Note: This bug is displayed in read-only format because the product is no longer active in Red Hat Bugzilla.

Bug 2096326

Summary: Installer needs parameters to increase various timeout values
Product: OpenShift Container Platform Reporter: Wolfgang Kulhanek <wkulhane>
Component: InstallerAssignee: OCP Installer <ocp-installer>
Installer sub component: openshift-installer QA Contact: Gaoyun Pei <gpei>
Status: CLOSED NOTABUG Docs Contact:
Severity: low    
Priority: unspecified CC: bbarbach, lwan, padillon, rdossant, yunjiang
Version: 4.10   
Target Milestone: ---   
Target Release: 4.12.0   
Hardware: Unspecified   
OS: Unspecified   
Whiteboard:
Fixed In Version: Doc Type: If docs needed, set a value
Doc Text:
Story Points: ---
Clone Of: Environment:
Last Closed: 2022-07-25 14:07:45 UTC Type: Bug
Regression: --- Mount Type: ---
Documentation: --- CRM:
Verified Versions: Category: ---
oVirt Team: --- RHEL 7.3 requirements from Atomic Host:
Cloudforms Team: --- Target Upstream Version:
Embargoed:

Description Wolfgang Kulhanek 2022-06-13 14:32:15 UTC
Version: 4.10.6

Platform: aws (but really any)

Please specify: IPI

What happened?

We are deploying clusters with c5.metal instance types on AWS (for OpenShift Virtualization). It takes AWS sometimes too long to provision these instances and the installer therefore times out.

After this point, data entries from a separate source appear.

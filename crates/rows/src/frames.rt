// How far each text has come.
ghost use Rattle.std.specs.Prelude.{◌≡◌, ◌+◌, ◌^◌, ◌<◌};
ghost use Rattle.rows.specs.Frames.{frame_at, slot_begun, row_passed, piece_passed, slot_ended};

// Where a text stands in the buffer.
#[derive(Clone, Copy)]
pub struct Span {
    pub start: u32,
    pub end: u32,
}

// A captured text that is being filled: the next byte of the file, where the text begins, the next row to look at, and the slot.
#[derive(Clone, Copy)]
pub struct Progress {
    pub from: u32,
    pub origin: u32,
    pub next: u16,
    pub slot: u8,
}

// How far the text of a row has come: where it begins, how many fragments are passed, the captured text that is being filled, if any, and
// where that of each slot stands, once it is rendered. A job has as many of them on the stack as rows, so that they are small.
#[derive(Clone, Copy)]
pub struct Frame {
    pub begin: u32,
    pub passed: u32,
    pub filling: Option<Progress>,
    pub texts: [Option<Span>; 8],
}

const _: () = prove!(size_of::<Frame>() == 120);

impl Frame {
    // A text begins at a place.
    pub fn at(begin: usize) -> Frame
        requires { begin < 2 ^ 32 }
        ensures { result ≡ frame_at begin }
    {
        Frame {
            begin: begin as u32,
            passed: 0,
            filling: None,
            texts: [None; 8],
        }
    }

    // A slot's text of row k is to be filled, from a byte of the file on; it begins at a place.
    pub fn begin_slot(&mut self, k: usize, slot: usize, from: usize, at: usize)
        requires { (k < 65535) × (slot < 8) × (from < 2 ^ 32) × (at < 2 ^ 32) }
        ensures { self.new ≡ slot_begun k slot from at self.old }
    {
        self.filling = Some(Progress {
            from: from as u32,
            origin: at as u32,
            next: (k + 1) as u16,
            slot: slot as u8,
        });
    }

    // The row nested next in a captured text is found; the file goes on at a byte behind it.
    pub fn pass_row(&mut self, progress: Progress, row: usize, from: usize)
        requires { (row < 65535) × (from < 2 ^ 32) }
        ensures { self.new ≡ row_passed progress row from self.old }
    {
        self.filling = Some(Progress {
            from: from as u32,
            next: (row + 1) as u16,
            ..progress
        });
    }

    // A fragment's text is laid.
    pub fn pass_piece(&mut self)
        requires { self.old.passed + 1 < 2 ^ 32 }
        ensures { self.new ≡ piece_passed self.old }
    {
        self.passed += 1;
    }

    // A captured text is filled up to a place.
    pub fn end_slot(&mut self, progress: Progress, at: usize)
        requires { (progress.slot < 8) × (at < 2 ^ 32) × (self.old.passed + 1 < 2 ^ 32) }
        ensures { self.new ≡ slot_ended progress at self.old }
    {
        self.texts[progress.slot as usize] = Some(Span {
            start: progress.origin,
            end: at as u32,
        });
        self.filling = None;
        self.pass_piece();
    }
}
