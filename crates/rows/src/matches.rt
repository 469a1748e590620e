// The rows.
ghost use Rattle.std.specs.Prelude.{◌≡◌, true, false, ℕ, ◌+◌, ◌≤◌, ◌<◌, length, MatchOption};
ghost use Rattle.rendering.specs.Texts.{prefix};
ghost use Rattle.rows.specs.Rows.{is_inside, is_nested};

use captures::{Binding, SelfKind};
use nester::{Nesting, Row};

// Whether a row is nested in a slot of row k.
pub fn is_inside(row: &Row, k: usize, slot: usize) -> bool
    ensures { result ≡ is_inside k slot row.now.state }
{
    match row.state {
        Nesting::Inside {
            row: holder,
            slot: taken,
        } => (holder as usize == k) & (taken as usize == slot),
        _ => false,
    }
}

// The first row from j on, and before the end, that is nested in a slot of row k.
pub fn next_nested(rows: &[Row], k: usize, slot: usize, j: usize, end: usize) -> Option<usize>
    ensures { MatchOption result
        ((i : ℕ) → j ≤ i → i < end → is_nested rows.now k slot i ≡ false)
        (λ n. (j ≤ n) × (n < end) × (is_nested rows.now k slot n ≡ true)
        × ((i : ℕ) → j ≤ i → i < n → is_nested rows.now k slot i ≡ false)) }
{
    for i in j..end.min(rows.len()) {
        if is_inside(&rows[i], k, slot) {
            return Some(i);
        }
    }
    None
}

// How many bytes the prefix of a placeholder has.
pub fn prefix_length(binding: &Binding, is_receiver: bool) -> usize
    ensures { result ≡ length (prefix binding.now is_receiver) }
{
    if is_receiver {
        return 0;
    }
    let stars = binding.stars as usize;
    match binding.self_kind {
        SelfKind::Owned => stars,
        SelfKind::Ref => 1 + stars,
        SelfKind::RefMut => 5 + stars,
    }
}
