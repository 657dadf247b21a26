// Drives the queue through a full ring, wrap-around, dead records at the front and in the middle, touching ones, a new chromosome and a
// room of one, and writes what waits after each step.
#![tactic(auto)]

ghost use Rattle.std.specs.Prelude.{◌≡◌, ◌≤◌, ◌<◌, length, IfOk, OnErr};
ghost use Rattle.queue.specs.Ring.{Fair};
ghost use Rattle.tests_queue.specs.Ready.{GoesOn, Ready};

use queue::{Ring, Slot};
use rules::{Base, Chrom, Stream};
use std::{fmt, io};

#[derive(Clone, Copy)]
enum Step {
    // A record is pushed: stream, row, start, stop.
    Push(u64, u64, u64, u64),
    // A base comes: chromosome, start, stop.
    Give(u64, u64, u64),
}

const STEPS: [Step; 20] = [
    Step::Give(0, 0, 5),
    Step::Push(0, 0, 0, 16),
    Step::Push(0, 1, 10, 20),
    Step::Push(1, 0, 12, 60),
    Step::Push(1, 1, 14, 70),
    Step::Give(0, 15, 18),
    Step::Give(0, 20, 30),
    Step::Push(0, 2, 31, 35),
    Step::Push(1, 2, 32, 90),
    Step::Push(2, 0, 33, 34),
    Step::Give(0, 32, 33),
    Step::Give(0, 40, 50),
    Step::Push(2, 1, 49, 99),
    Step::Give(0, 60, 65),
    Step::Give(0, 90, 200),
    Step::Push(2, 2, 199, 200),
    Step::Give(0, 99, 150),
    Step::Push(3, 0, 200, 18446744073709551615),
    Step::Give(1, 0, 18446744073709551615),
    Step::Push(7, 9, 18446744073709551615, 18446744073709551615),
];

impl fmt::Display for Step {
    fn fmt<W: fmt::Write>(&self, f: &mut fmt::Formatter<W>) -> fmt::Result {
        match *self {
            Step::Push(stream, row, start, stop) => write!(f, "push {stream}/{row}:{start}-{stop}"),
            Step::Give(chrom, start, stop) => write!(f, "base {chrom}:{start}-{stop}"),
        }
    }
}

// The end of a line: a bar and what waits, the oldest first.
fn show_waiting(rt: &impl Print, ring: Ring, queue: &[[u64; 4]]) -> io::Result<()>
    requires { Fair ring queue.now }
{
    print!(rt; " |")?;
    for k in 0..ring.len {
        let x = ring.slot(queue, k);
        print!(rt; " {}/{}:{}-{}", x.stream.0, x.row, x.start, x.stop)?;
    }
    println!(rt)
}

// Answer rows: stream and row of each.
fn show_hits(rt: &impl Print, rows: &[[u64; 2]]) -> io::Result<()> {
    for x in rows {
        print!(rt; " {}/{}", x[0], x[1])?;
    }
    Ok(())
}

// Where the first that waits starts.
fn show_front(rt: &impl Print, front: Option<u64>) -> io::Result<()> {
    match front {
        Some(start) => print!(rt; " front {start}"),
        None => print!(rt; " front none"),
    }
}

// One record is pushed.
fn push_step(rt: &impl Print, ring: Ring, queue: &mut [[u64; 4]], slot: Slot) -> io::Result<Ring>
    requires { Fair ring queue.old }
    ensures ok { IfOk result (λ r. GoesOn ring r queue.new) }
    ensures err { OnErr result (length queue.new ≡ length queue.old) }
{
    let Some(after) = ring.push(queue, slot) else {
        print!(rt; " full")?;
        show_waiting(rt, ring, queue)?;
        return Ok(ring);
    };
    show_waiting(rt, after, queue)?;
    Ok(after)
}

// A base comes: the queue is cleared for it and its records are written.
fn base_step(
    rt: &impl Print,
    ring: Ring,
    queue: &mut [[u64; 4]],
    answers: &mut [[u64; 2]],
    b: Base,
) -> io::Result<Ring>
    requires { Ready ring queue.old answers.old }
    ensures ok { IfOk result (λ r. GoesOn ring r queue.new) }
    ensures err { OnErr result (length queue.new ≡ length queue.old) }
{
    let after = ring.clear(queue, b);
    let n = after.scan(queue, b, answers);
    show_hits(rt, &answers[..n])?;
    show_front(rt, after.front(queue))?;
    show_waiting(rt, after, queue)?;
    Ok(after)
}

// One step of the table.
fn play(
    rt: &impl Print,
    ring: Ring,
    queue: &mut [[u64; 4]],
    answers: &mut [[u64; 2]],
    step: Step,
) -> io::Result<Ring>
    requires { Ready ring queue.old answers.old }
    ensures ok { IfOk result (λ r. GoesOn ring r queue.new) }
    ensures err { OnErr result (length queue.new ≡ length queue.old) }
{
    print!(rt; "{step}")?;
    match step {
        Step::Push(stream, row, start, stop) => {
            let slot = Slot {
                stream: Stream(stream),
                row,
                start,
                stop,
            };
            push_step(rt, ring, queue, slot)
        }
        Step::Give(chrom, start, stop) => {
            let b = Base {
                chrom: Chrom(chrom),
                start,
                stop,
            };
            base_step(rt, ring, queue, answers, b)
        }
    }
}

// All steps, over a ring with as many slots as were lent.
fn drive(rt: &impl Print, queue: &mut [[u64; 4]], answers: &mut [[u64; 2]]) -> io::Result<()>
    requires { (0 < length queue.old) × (length queue.old ≤ 65536) × (length answers.old ≡ length queue.old) }
{
    let room = queue.len();
    println!(rt; "room {room}")?;
    let mut ring = Ring::empty(room, Chrom(0));
    for step in STEPS {
        ring = play(rt, ring, queue, answers, step)?;
    }
    Ok(())
}

fn main(rt: HostRuntime) -> io::Result<()> {
    let mut queue = [[0u64; 4]; 3];
    let mut answers = [[0u64; 2]; 3];
    drive(&rt, &mut queue, &mut answers)?;
    let mut slot = [[0u64; 4]; 1];
    let mut row = [[0u64; 2]; 1];
    drive(&rt, &mut slot, &mut row)
}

We could of course add manual logic to "wait-for-install-complete" but I don't think there is a timeout parameter for that command - it'll just sit there forever.

It would be a quick fix to add a few timeout parameters to the openshift-install command.

e.g. --wait-for-bootstrap-timeout = 20m, --wait-for-cluster-complete=40m

These would have sensible defaults (e.g. what is hardcoded right now) but could be overwritten if necessary.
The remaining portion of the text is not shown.